Es el sentimiento que me embarga.

Y no porque ahora ya, por fin, vayan a exhumar la momia del dictador; sino por constatar cómo, transcurrido casi medio siglo desde la desaparición física del personaje, el sustrato nocivo de su dictadura sigue presente entre nosotros, cual ponzoñosa barrera imposible por el momento de superar.

Este hecho, en sí sorprendente e inexplicable para los analistas extranjeros, tiene dos causas muy diferenciadas:

En primer lugar por la ausencia de un auténtico juicio durante todos estos años, aunque solo fuese moral, que hubiese comportado una condena absolutamente inapelable al franquismo; estamos hartos ya de paños calientes, de escuchar la misma o parecida cantinela: el franquismo tuvo cosas buenas, pudo haber sido mucho más represivo, la situación estaba tan deteriorada que el golpe militar era inevitable, que la izquierda dio otro golpe dos años antes, que se perseguían curas y monjas…

Y hay que reconocer de una vez que esto es así porque en la Transición este juicio no se podía hacer.

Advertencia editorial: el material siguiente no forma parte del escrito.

// The act goes out, and of who asks without a token nothing.
fn who_has_no_token_asks_the_server_nothing(rt: &impl Abort, lab: &mut Lab) {
    turn_three(rt, lab, 90);
    assert!(rt; lab.is_asked(b"name ann\nopen white 300 2\n"));
    assert!(rt; lab.is_told(b"\x81\x0eno 31 NoToken\n\x81\x0eno 31 NoToken\n"));
}

// One who shows ann's token and asks for a game of 40 plies, and its server.
const LINE_ASKER: &[u8] =
    b"UP~\x81\xa6\0\0\0\0login aaaaaaaaaaaaaaaaaaaaaaaaaaaaaaaa\x81\x86\0\0\0\0line \
    1\x81\x83\0\0\0\0who";

const GAME: &[u8] = b"~~~~~~~~ok pgn 1 2\n\
1. Nf3 Nf6 2. Ng1 Ng8 3. Nf3 Nf6 4. Ng1 Ng8 5. Nf3 Nf6 6. Ng1 Ng8 7. Nf3 Nf6 8. Ng1 Ng8 9. Nf3 Nf6 10. Ng1 Ng8\n\
11. Nf3 Nf6 12. Ng1 Ng8 13. Nf3 Nf6 14. Ng1 Ng8 15. Nf3 Nf6 16. Ng1 Ng8 17. Nf3 Nf6 18. Ng1 Ng8 19. Nf3 Nf6 \
20. Ng1 Ng8\n";

const LAST_ROWS: &[u8] =
    b"\n39 Ng1 f3g1 rnbqkb1r/pppppppp/5n2/8/8/8/PPPPPPPP/RNBQKBNR b KQkq - 39 20\n\
40 Ng8 f6g8 rnbqkbnr/pppppppp/8/8/8/8/PPPPPPPP/RNBQKBNR w KQkq - 40 21\n\x81\x12ok who open 1\nann\n";

// The same of a game of 9,000 plies.
const LONG_GAME: &[u8] = b"~~~~~~~~LONG";

// What comes of the server stands in this piece, and was read.
fn has_said(lab: &Lab, piece: usize) -> bool {
    match lab.hall.server_stream() {
        Some(peer) => peer.reads > piece,
        None => false,
    }
}

// A game is asked for, and ann comes once more, who acts when its first plies are played.
fn ask_for_line(rt: &impl Abort, lab: &mut Lab, server: &'static [u8]) {
    lab.begin(rt, &(LINE_ASKER, server, How::Plainly));
    lab.hall
        .admit(Peer::new(lab.alloc, LATE, 1_000), 3, NEAR, 0);
}

// One more turn of these, with all sockets awake. It tells whether ann's act is on its way.
fn turn_beside_line(rt: &impl Abort, lab: &mut Lab, at: u64) -> bool {
    lab.turn_alone(rt, at);
    let has_acted = lab.is_asked(b"pgn 1\nname ann\nopen white 300 2\n");
    lab.hall.wake(2);
    lab.hall.wake(3);
    lab.hall.wake_server();
    has_acted
}

// A game is asked for, of which 16 plies are played in a turn: an act is on its way before who asks has the answer, and
// his next message is heard behind that.
fn a_line_is_played_in_parts(rt: &impl Abort, lab: &mut Lab) {
    ask_for_line(rt, lab, GAME);
    let mut is_between = false;
    for at in 0..90 {
        let has_acted = turn_beside_line(rt, lab, at);
        is_between |= has_said(lab, 8) && has_acted && !lab.is_told(LAST_ROWS);
    }
    assert!(rt; is_between && lab.is_told(LAST_ROWS));
}

// Of so many turns, the last before an act is on its way beside one who asks for a game, and the last in which he was
// told nothing but that he is logged in.
fn turns_beside_line(
    rt: &impl Abort,
    lab: &mut Lab,
    server: &'static [u8],
    turns: u64,
) -> (u64, u64) {
    ask_for_line(rt, lab, server);
    let (mut last_before_act, mut last_silent) = (0, 0);
    for at in 0..turns {
        if !turn_beside_line(rt, lab, at) {
            last_before_act = at;
        }
        if lab.is_told(b"\x81\x18ok login ann player ann\n") {
            last_silent = at;
        }
    }
    (last_before_act, last_silent)
}

// Where somebody asks for a game of 9,000 plies, which takes 563 turns, the act is on its way in the turn in which it
// is where the server says nothing of that game.
fn a_long_line_holds_up_no_act(rt: &impl Abort, lab: &mut Lab) {
    let (alone, silent) = turns_beside_line(rt, lab, b"", 90);
    assert!(rt; 5 < alone && alone < 40 && silent == 89);
    let (beside, silent) = turns_beside_line(rt, lab, LONG_GAME, 700);
    assert!(rt; beside == alone && 563 < silent && silent < 620);
}

// So many bytes were read of the first browser that had always more.
fn is_read(lab: &Lab, count: usize) -> bool {
    match lab.hall.guest_stream() {
        Some(peer) => peer.read == count,
        None => false,
    }
}

// Of who acts for nobody 1,024 bytes are read at once, each time for 26 ms of its time, which runs one second ahead: of
// one that asks by HTTP, and of one that pings.
fn what_comes_of_strangers_is_paid(rt: &impl Abort, lab: &mut Lab) {
    for browser in [MANY, PINGS] {
        lab.begin(rt, &(browser, b"", How::Plainly));
        lab.turn_alone(rt, 0);
        assert!(rt; is_read(lab, if browser == MANY { 1_024 } else { 0 }));
        for (at, count) in [(0, 39_936), (26, 40_960), (52, 41_984)] {
            for _ in 0..200 {
                lab.turn_alone(rt, at);
                lab.hall.wake(2);
            }
            assert!(rt; is_read(lab, count));
        }
    }
}

// In how many turns a game is opened, where so many strangers beside have always more to say.
fn turns_to_open(rt: &impl Abort, lab: &mut Lab, browser: &'static [u8], count: usize) -> u64 {
    lab.begin(rt, &(OPENER, b"", How::Plainly));
    let mut at = 0;
    for _ in 0..90 {
        if lab.is_asked(b"name ann\nopen white 300 2\n") {
            return at;
        }
        if at == 4 {
            for i in 0..count {
                let peer = Peer::new(lab.alloc, browser, 1_000);
                lab.hall.admit(peer, i.saturating_add(3), NEAR, at);
            }
        }
        lab.turn_alone(rt, at);
        lab.hall.wake(2);
        at = at.saturating_add(1);
    }
    0
}

fn a_move_goes_out_beside_requests_without_end(rt: &impl Abort, lab: &mut Lab) {
    let alone = turns_to_open(rt, lab, MANY, 0);
    assert!(rt; alone > 5);
    assert!(rt; turns_to_open(rt, lab, MANY, 20) == alone);
    assert!(rt; turns_to_open(rt, lab, PINGS, 20) == alone);
}

// Who sent a byte, and was read, keeps nobody out, though it was told nothing; nor does who has a socket, and is
// silent, once it was looked at.
fn who_was_read_keeps_nobody_out(rt: &impl Abort, lab: &mut Lab) {
    for browser in [b"G~E~T".as_slice(), b"UP"] {
        lab.begin(rt, &(browser, b"", How::Plainly));
        for key in 3..23 {
            lab.hall
                .admit(Peer::new(lab.alloc, browser, 1_000), key, NEAR, 0);
        }
        assert!(rt; lab.hall.is_crowded());
        for _ in 0..20 {
            lab.turn_alone(rt, 0);
        }
        assert!(rt; !lab.hall.is_crowded());
        for key in 2..23 {
            lab.hall.wake(key);
        }
        for _ in 0..20 {
            lab.turn_alone(rt, 0);
        }
        assert!(rt; !lab.hall.is_crowded() && lab.hall.len() == 21);
    }
}

// Ann shows her token, and acts then.
const RESIGNER: &[u8] =
    b"UP~\x81\xa6\0\0\0\0login aaaaaaaaaaaaaaaaaaaaaaaaaaaaaaaa~~\x81\x88\0\0\0\0resign 7";

// What the server is sent where she does so five times.
const FIVE_ACTS: &[u8] =
    b"name ann\nresign 7\nshow 7\nfen 7\nresign 7\nshow 7\nfen 7\nresign 7\nshow 7\nfen 7\n\
    resign 7\nshow 7\nfen 7\nresign 7\nshow 7\nfen 7\n";

// Turns of five connections at a moment, with all sockets awake.
fn turn_five(rt: &impl Abort, lab: &mut Lab, at: u64) {
    for _ in 0..40 {
        lab.turn_alone(rt, at);
        for key in 2..7 {
            lab.hall.wake(key);
        }
        lab.hall.wake_server();
    }
}

// Of five connections that act for one player three do so at once, and then one each 50 ms; the hall wakes for that.
fn a_player_acts_at_one_pace_by_all_connections(rt: &impl Abort, lab: &mut Lab) {
    lab.begin(rt, &(RESIGNER, b"", How::Plainly));
    for key in 3..7 {
        lab.hall
            .admit(Peer::new(lab.alloc, RESIGNER, 1_000), key, NEAR, 0);
    }
    let looks = [
        (0, 75, 50),
        (49, 75, 50),
        (50, 97, 100),
        (99, 97, 100),
        (100, 119, 5_000),
    ];
    for (at, count, next) in looks {
        turn_five(rt, lab, at);
        assert!(rt; lab.is_asked(FIVE_ACTS.get(..count).unwrap_or(b"")));
        assert!(rt; lab.hall.look_at(at) == Some(next));
    }
}

#[test]
fn halls(rt: HostRuntime) {
    let alloc = rt.alloc();
    let keys = RandomState::new(&rt).expect(&rt, "keys");
    let mut lab = Lab {
        alloc,
        keys,
        hall: hall_of(&rt, alloc, keys, false),
        log: Kept {
            fails: false,
            text: String::new(alloc),
        },
        links: Once {
            alloc,
            is_done: false,
            is_paused: false,
        },
    };
    check_cases(&rt, &mut lab, &CASES);
    acts_are_logged_and_told(&rt, &mut lab);
    an_act_counts_only_under_its_name(&rt, &mut lab);
    a_file_changes_between_turns(&rt, &mut lab);
    who_looks_keeps_no_place_or_comes_later(&rt, &mut lab);
    what_was_said_is_counted(&rt, &mut lab);
    who_left_is_there_no_more(&rt, &mut lab);
    who_has_no_token_makes_room(&rt, &mut lab);
    a_failed_accept_ends_the_turn_of_accepting(&rt, &mut lab);
    who_has_another_link_acts_no_more(&rt, &mut lab);
    that_entries_are_paused_is_kept_before_the_log_is_told(&rt, &mut lab);
    who_has_no_token_asks_the_server_nothing(&rt, &mut lab);
    a_line_is_played_in_parts(&rt, &mut lab);
    a_long_line_holds_up_no_act(&rt, &mut lab);
    what_comes_of_strangers_is_paid(&rt, &mut lab);
    a_move_goes_out_beside_requests_without_end(&rt, &mut lab);
    who_was_read_keeps_nobody_out(&rt, &mut lab);
    a_player_acts_at_one_pace_by_all_connections(&rt, &mut lab);
    drop(lab);
}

Sí, basta ya de criticar la Transición; los que la vivimos recordamos que todos los días había “ruido de sables”, que secuestraban a Oriol y a Villaescusa, que ETA incrementaba sus asesinatos día a día, y que en realidad, aunque luego todo el mundo era demócrata “de toda la vida”, lo cierto es que quitando los miembros del partido comunista y cuatro más que íbamos por libre, la mayoría de la sociedad, la gente de la calle, no es que fuese en sí tan franquista como los de ahora (que parece incluso que hay más), es que les daba igual.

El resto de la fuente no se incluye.